I Still Don't Know What Love Means.
There is music that I ache to listen to and in times like these, I justify spending ten dollars to listen to a disc in my car. Night winds, stars and a melody that hits you square in the chest are better than anything I've ever experienced. I miss music sometimes.
I'm coming to grips with what I am.
I was told yesterday that I was in a constant state of turmoil. I realised today that its the hurt I hide that fuels the fire inside me. I am tired of this life and man is it dumbfounding to realise you are what you never wanted to be. An artist. A tyrant. A tease. A constant understanding.
There are times when I just want to let go of everything. I don't want the words, "You always know what I mean", to hurt this much. I don't want to be able to relate to someone who accepts the fact that they're prepared to be alone for the rest of their life. How have I managed to convince myself that the rest of the world is the problem?
Last year in this moment I would be sitting on my bed, clutching the sheets, trying not to get snot stains on my pillows. In this moment, the pain of being alone would be savaging every ounce of strength and logic in my mind and body and I would be on the phone, dialing a number, trying to reach out to someone so they could make it ok.
Today, the realistation of being alone doesn't even register. I'm aware of it, but I've somehow become ok with its existance and somehow I've realised that I always feel this way. Empty.
I don't know what love is.
I want someone to look at me and I want my presence to be enough to wake them up. I want someone to adore me - to cherish me. I want fingers to run down my back and I want that touch to spread flames through my entire entity, but I don't think that will ever happen.
Last night someone touched my face and it ignited something in me that wasn't fear.
I explained to him that I was trying to do things right because feeling this way wasn't cutting the mustard and I was at a loss of what to do next. But the way his hand felt on my face was the closest I've ever come to understanding love. I felt the sincerity. I felt the concern.
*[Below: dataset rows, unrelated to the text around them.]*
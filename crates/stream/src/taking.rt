// The tiles taken one after the other.
ghost use Rattle.std.specs.Prelude.{true, false, ◌≢◌, ◌≡◌, ℕ, ◌+◌, ◌<◌, ◌≤◌, min, get_or, length};
ghost use Rattle.base.specs.Over.{over};
ghost use Rattle.base.specs.Refusal.{accepted};
ghost use Rattle.blocks.specs.Directory.{directory};
ghost use Rattle.blocks.specs.Layout.{max_tiles};
ghost use Rattle.corners.specs.Inner.Tables.{far_size, FarTable};
ghost use Rattle.plan.specs.Inner.Seam.{region_of, ValidRegion};
ghost use Rattle.arrange.specs.Inner.Places.{tile_at, Listed};
ghost use Rattle.stream.specs.Inner.State.{is_left, TakenBelow, Standing, Freed, FirstFree, FirstLeft};
ghost use Rattle.stream.specs.Stream.{closer_from, tile_order};

use crate::blocking::{FREE, TAKEN, release, settle_all};
use arrange::places;
use arrange::places::tile_at;
use blocks::header::Header;
use blocks::layout::{HEIGHT, MAX_TILES};
use plan::region::Region;

// How many tiles are looked at together.
const GROUP: usize = 32;

// Whether none of the tiles of a group waits for t: a loop of constant length and without a branch, so that compiled
// code looks at several tiles at once.
fn none_waits(waits: &[u32], first: usize, t: u32) -> bool
    requires { (first + 32 ≤ length waits.now) × (first ≤ max_tiles) }
    ensures { result ≡ true → (b : ℕ) → first ≤ b → b < first + 32 → get_or waits.now b 0 ≢ t }
{
    let mut found: u32 = 0;
    for i in 0..GROUP {
        found += u32::from(waits[first + i] == t);
    }
    found == 0
}

// Those of the tiles from `first` to `to` - 1 that waited for t find another tile to wait for, or none. Gives a tile
// not above `least`, before which all wait as they did.
fn release_among(
    f: &[u8],
    h: Header,
    o: Region,
    far: &[u64],
    keys: &[u64],
    low: usize,
    t: usize,
    first: usize,
    to: usize,
    least: usize,
    waits: &mut [u32],
    from: &mut [u32],
) -> usize
    requires f_value { (directory f.now ≡ accepted h) × ValidRegion h (region_of h o) }
    requires far_table { FarTable f.now h (region_of h o) (tile_at keys.now) h.tiles far.now }
    requires keys_len { (length keys.now ≡ max_tiles) × Listed h.tiles keys.now
        × (length waits.old ≡ max_tiles) × (length from.old ≡ max_tiles) }
    requires taken_below { TakenBelow (closer_from f.now h (region_of h o)) h.tiles keys.now waits.old low }
    requires t_lt_tiles { (t < h.tiles) × (first ≤ to) × (to ≤ h.tiles) }
    requires standing { Standing (closer_from f.now h (region_of h o)) h.tiles keys.now t first waits.old from.old }
    ensures { (result ≤ least) × Freed (closer_from f.now h (region_of h o)) h.tiles keys.now
        t to waits.old waits.new from.old from.new result }
{
    let mut before = least;
    for b in first..to {
        if waits[b] == t as u32 {
            release(f, h, o, far, keys, low, b, waits, from);
            before = before.min(b);
        }
    }
    before
}

// The same of all tiles, group by group: those of which none waited for t are passed over. A `for` over the groups, with
// the first tile of each worked out, was tried, and is slower.
fn release_all(
    f: &[u8],
    h: Header,
    o: Region,
    far: &[u64],
    keys: &[u64],
    low: usize,
    t: usize,
    waits: &mut [u32],
    from: &mut [u32],
) -> usize
    requires f_value { (directory f.now ≡ accepted h) × ValidRegion h (region_of h o) }
    requires far_table { FarTable f.now h (region_of h o) (tile_at keys.now) h.tiles far.now }
    requires keys_len { (length keys.now ≡ max_tiles) × Listed h.tiles keys.now
        × (length waits.old ≡ max_tiles) × (length from.old ≡ max_tiles) }
    requires taken_below { TakenBelow (closer_from f.now h (region_of h o)) h.tiles keys.now waits.old low }
    requires t_lt_tiles { (t < h.tiles)
        × Standing (closer_from f.now h (region_of h o)) h.tiles keys.now t 0 waits.old from.old }
    ensures { (result ≤ t) × Freed (closer_from f.now h (region_of h o)) h.tiles keys.now
        t h.tiles waits.old waits.new from.old from.new result }
{
    let mut before = t;
    let mut first: usize = 0;
    while first < h.tiles {
        let to = h.tiles.min(first + GROUP);
        if !none_waits(waits, first, t as u32) {
            before = release_among(f, h, o, far, keys, low, t, first, to, before, waits, from);
        }
        first += GROUP;
    }
    before
}

// From tile `at` on the first that waits for none.
fn first_free(waits: &[u32], at: usize, n: usize) -> usize
    requires { (at ≤ n) × (n ≤ length waits.now) }
    ensures { FirstFree waits.now at n result }
{
    for t in at..n {
        if waits[t] == FREE {
            return t;
        }
    }
    n
}

// From place `low` on the first of a tile that is left.
fn first_left(keys: &[u64], waits: &[u32], low: usize, n: usize) -> usize
    requires { (low ≤ n) × (n ≤ length keys.now) × Listed n keys.now × (n ≤ length waits.now) }
    ensures { FirstLeft keys.now waits.now low n result }
{
    for i in low..n {
        let t = tile_at(keys, i);
        if waits[t] != TAKEN {
            return i;
        }
    }
    n
}

// All tiles, from what each waits for at first.
fn take_all(
    f: &[u8],
    h: Header,
    o: Region,
    far: &[u64],
    keys: &[u64],
    waits: &mut [u32],
    from: &mut [u32],
    order: &mut [u32],
)
    requires f_value { (directory f.now ≡ accepted h) × ValidRegion h (region_of h o) }
    requires far_table { FarTable f.now h (region_of h o) (tile_at keys.now) h.tiles far.now }
    requires keys_len { (length keys.now ≡ max_tiles) × Listed h.tiles keys.now
        × (length waits.old ≡ max_tiles) × (length from.old ≡ max_tiles) × (h.tiles ≤ length order.old) }
    requires standing { Standing (closer_from f.now h (region_of h o)) h.tiles keys.now h.tiles 0 waits.old from.old
        × ((a : ℕ) → is_left waits.old a ≡ true) }
    ensures { order.new ≡ over order.old 0 (tile_order f.now h (region_of h o)) }
{
    let mut at: usize = 0;
    let mut low: usize = 0;
    for i in 0..h.tiles {
        let t = first_free(waits, at, h.tiles);
        order[i] = t as u32;
        waits[t] = TAKEN;
        low = first_left(keys, waits, low, h.tiles);
        at = release_all(f, h, o, far, keys, low, t, waits, from);
    }
}

// The same from the table of far, filled.
fn order_placed(f: &[u8], h: Header, o: Region, far: &[u64], keys: &[u64], order: &mut [u32])
    requires f_value { (directory f.now ≡ accepted h) × ValidRegion h (region_of h o) }
    requires far_table { FarTable f.now h (region_of h o) (tile_at keys.now) h.tiles far.now }
    requires keys_len { (length keys.now ≡ max_tiles) × Listed h.tiles keys.now × (h.tiles ≤ length order.old) }
    ensures { order.new ≡ over order.old 0 (tile_order f.now h (region_of h o)) }
{
    let mut least = [0u64; MAX_TILES];
    places::fill_least(far, h.tiles, &mut least);
    let mut waits = [FREE; MAX_TILES];
    let mut from = [0u32; MAX_TILES];
    settle_all(f, h, o, far, &least, keys, &mut waits, &mut from);
    take_all(f, h, o, far, keys, &mut waits, &mut from, order);
}

// The same with a table that has room for the corners of the town's regions.
fn order_with(f: &[u8], h: Header, o: Region, far: &mut [u64], order: &mut [u32])
    requires { (directory f.now ≡ accepted h) × (h.tiles ≤ length order.old) × ValidRegion h (region_of h o)
        × (length far.old ≡ far_size h) }
    ensures { order.new ≡ over order.old 0 (tile_order f.now h (region_of h o)) }
{
    let mut keys = [0u64; MAX_TILES];
    places::list_tiles(f, h, o, &mut keys);
    places::fill_far(f, h, o, &keys, far);
    order_placed(f, h, o, far, &keys, order);
}

// The tiles in their sequence.
pub fn put_order(f: &[u8], h: Header, o: Region, order: &mut [u32])
    requires { (directory f.now ≡ accepted h) × (h.tiles ≤ length order.old) × ValidRegion h (region_of h o) }
    ensures { order.new ≡ over order.old 0 (tile_order f.now h (region_of h o)) }
{
    if h.axes == HEIGHT {
        let mut far = [0u64; 8 * MAX_TILES];
        order_with(f, h, o, &mut far, order);
    } else {
        let mut far = [0u64; 4 * MAX_TILES];
        order_with(f, h, o, &mut far, order);
    }
}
I felt the desire, I felt the admiration, I felt his smile and I felt his warmth. I felt that flame.
I don't know how to fix things anymore.
I'm scared for you and I want to make things wonderful - You deserve that feeling. I want you to move on from the disease that's been consuming you for all these years. I want you to forget the pain that love has caused and I want you to embrace the the good stuff that floats around you effortlessly. YOU are cared for. YOU are cherished. YOU are loved.
And I'm telling you this because I want you to move on from all these expectations and ideas you have in your head. I want you to experience tomorrow without thinking about yesterday and I want you to look at me and know that I love you just the way you are because there is NOTHING WRONG WITH YOU and even if there was, I would love it just the same.
Nothing you say or do will ever change the fact that I admire and adore you. I'm sorry you feel stiffled and perhaps a little naive, but its part of the charm that comes along with the whole package. You are an amazing individual, something that I will probably never know again and I wish that I could fall for you, but it seems that we're not giving the concept the time that it deserves.
I haven't been near you for a day and I already miss you. I miss you.
I hope this isn't too cryptic. I'm full of medication and sleep and I'm sure its difficult to read between kerning? Or is it leading? Meh.
I will call you later tonight. My ambition to be an adventurous night-hawk has failed me. I do hope you're home.